In the second line, 'extensions' is again a keyword, and 'gnomon' is where your company name goes. 'gnosl' is a prefix that is prepended to the Slim-generated functions. You see 'pxsl' in all the Pixar files, I use 'gnosl' analogously. Note - in the function definition section (third section) in a template file, you need to prepend 'gnosl's equivalent to every function you write.
So, in summary, 'gnomonsr', 'gnomon' and 'gnosl' are keywords specific to me, and of those, I'd use 'gnosl' again in function
definitions. Also, note the ' {' at the end of the lines. These open braces will get closed at the end of our template files - the last
two lines in any template .slim file will therefore have to be
}
}
- one or more template definitions. A template is a self-contained function (which usually takes inputs) with an output of a specific type. So there can be float templates, color/point/normal/vector templates, shadingmodel (surface) templates, displacement templates, light templates, volume templates, environment templates and manifold templates. From this list you can see that a rich ecosystem of functions can be built around these templates. These functions are meant to be used with (connected to) each other. This is why templates are a powerful idea - instead of cramming a lot of unrelated functions into a single .sl file, keep them all as separate entities which the user [not the shader writer] can hook up in endless ways.
Each template has a header followed by two components. The header looks like this:
template shadingmodel Const {
description "Slim version of the constant.sl shader"
The word 'template' is a keyword. This is followed by the template's type (what it computes - see the list above), and its name (which will
appear in the Slim menu). The single open '{' will have to be closed at the end of the template definition.

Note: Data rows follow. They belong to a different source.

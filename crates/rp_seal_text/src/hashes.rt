//! The hashes of a proof, read and written.
ghost use Rattle.std.specs.Prelude.{◌≡◌, ◌≤◌, ◌++◌, ℕ, List, length, IfOk, IfSome, IsSomeAnd, OnOk};
ghost use Rattle.rp_seal.specs.Hash.{bytes_of, hashes_of};
ghost use Rattle.rp_seal_text.specs.Hashes.{AreHashes, IsHash, hash_line, hash_lines, hashes_text};

use crate::fields::{take_number, write_number};
use crate::lines::next_line;
use crate::read::read_root;
use base64::engine::general_purpose::STANDARD;
use rp_seal::NodeHash;
use std::alloc::{AllocError, Global};

/// The greatest number of hashes that are read. No proof in a list of at most 2^63 entries has more.
const MAX_HASHES: u64 = 64;

/// Returns the hash of the line with which `text` begins, and what follows the line.
///
/// # Errors
///
/// `AllocError` if there is no memory for the hash.
fn take_hash(alloc: Global, text: &[u8]) -> Result<Option<(NodeHash, &[u8])>, AllocError>
    ensures found { IfOk result (λ found. IfSome found (λ p. text.now ≡ hash_line (bytes_of p.0) ++ p.1.now)) }
    ensures each { (hash rest : List ℕ) → IsHash hash → text.now ≡ hash_line hash ++ rest
        → IfOk result (λ found. IsSomeAnd found (λ p. (bytes_of p.0 ≡ hash) × (p.1.now ≡ rest))) }
    ensures hash { IfOk result (λ found. IfSome found (λ p. IsHash (bytes_of p.0))) }
{
    let Some((line, rest)) = next_line(text) else {
        return Ok(None);
    };
    let Some(hash) = read_root(alloc, line)? else {
        return Ok(None);
    };
    Ok(Some((hash, rest)))
}

/// Returns the hashes of `text`, if it is `count` lines with a hash each and nothing else.
///
/// # Errors
///
/// `AllocError` if there is no memory for the hashes.
fn read_hashes(
    alloc: Global,
    count: usize,
    text: &[u8],
) -> Result<Option<Vec<NodeHash>>, AllocError>
    ensures found { IfOk result (λ found. IfSome found (λ v. (length v.items ≡ count) × (text.now ≡ hash_lines (hashes_of v.items)))) }
    ensures each { (hashes : List (List ℕ)) → length hashes ≡ count → AreHashes hashes → text.now ≡ hash_lines hashes
        → IfOk result (λ found. IsSomeAnd found (λ v. hashes_of v.items ≡ hashes)) }
    ensures hashes { IfOk result (λ found. IfSome found (λ v. AreHashes (hashes_of v.items))) }
{
    let mut hashes = Vec::with_capacity(alloc, count)?;
    let mut rest = text;
    'lines: for _ in 0..count {
        let Some((hash, more)) = take_hash(alloc, rest)? else {
            return Ok(None);
        };
        hashes.push(hash)?;
        rest = more;
    }
    if rest.is_empty() {
        Ok(Some(hashes))
    } else {
        Ok(None)
    }
}

/// Returns the hashes of a proof if `text` is their text and nothing else. It refuses more than 64 hashes before it
/// takes memory.
///
/// # Errors
///
/// `AllocError` if there is no memory for the hashes.
pub(crate) fn read_proof(alloc: Global, text: &[u8]) -> Result<Option<Vec<NodeHash>>, AllocError>
    ensures found { IfOk result (λ found. IfSome found (λ v. text.now ≡ hashes_text (hashes_of v.items))) }
    ensures few { IfOk result (λ found. IfSome found (λ v. length v.items ≤ 64)) }
    ensures each { (hashes : List (List ℕ)) → length hashes ≤ 64 → AreHashes hashes → text.now ≡ hashes_text hashes
        → IfOk result (λ found. IsSomeAnd found (λ v. hashes_of v.items ≡ hashes)) }
    ensures hashes { IfOk result (λ found. IfSome found (λ v. AreHashes (hashes_of v.items))) }
{
    let Some((count, rest)) = take_number(b"proof", text) else {
        return Ok(None);
    };
    if count > MAX_HASHES {
        return Ok(None);
    }
    read_hashes(alloc, count as usize, rest)
}

/// Appends the line of `hash`.
///
/// # Errors
///
/// `AllocError` if there is no memory for the line.
fn write_hash(text: &mut Vec<u8>, hash: NodeHash) -> Result<(), AllocError>
    ensures text { OnOk result (text.new.items ≡ text.old.items ++ hash_line (bytes_of hash)) }
    ensures hash { OnOk result (IsHash (bytes_of hash)) }
{
    let mut line = [0; 44];
    STANDARD
        .encode_slice(hash.bytes.as_slice(), line.as_mut_slice())
        .unwrap();
    text.extend_from_slice(line.as_slice())?;
    text.push(b'\n')?;
    Ok(())
}

/// Appends the text of the hashes of a proof.
///
/// # Errors
///
/// `AllocError` if there is no memory for the text.
pub(crate) fn write_proof(text: &mut Vec<u8>, hashes: &[NodeHash]) -> Result<(), AllocError>
    ensures text { OnOk result (text.new.items ≡ text.old.items ++ hashes_text (hashes_of hashes.now)) }
    ensures hashes { OnOk result (AreHashes (hashes_of hashes.now)) }
{
    write_number(text, b"proof", hashes.len() as u64)?;
    for hash in hashes {
        write_hash(text, *hash)?;
    }
    Ok(())
}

The two components in a template are these:
- parameter specification
Here is where we need to declare the names and types of all the variables that we'll use in our template's function definitions. Note that
in addition to function inputs, output variables also need to be declared. Names/types are the minimum we need to specify, but we can specify more - verbal description of each parameter (when the user clicks on the 'i' button, this description will appear in a text balloon), parameter range (if numeric), default value, etc. Here are some examples:
parameter color SurfaceColor {
label "Surface Color"
detail varying
default ".5 .5 .5"
}
collection shadingmodel shadingmodel {
access output
display hidden
parameter color CI {
detail varying
default ".5 .5 .5"
access output
}
parameter color OI {
detail varying
default "1 1 1"
access output
}
}
parameter float Kd {
description "Multiplier for the diffuse light contribution"
default .5
subtype slider
range {0 1}
detail varying
}
parameter float Falloff {
description "Normally light intensity diminished with distance.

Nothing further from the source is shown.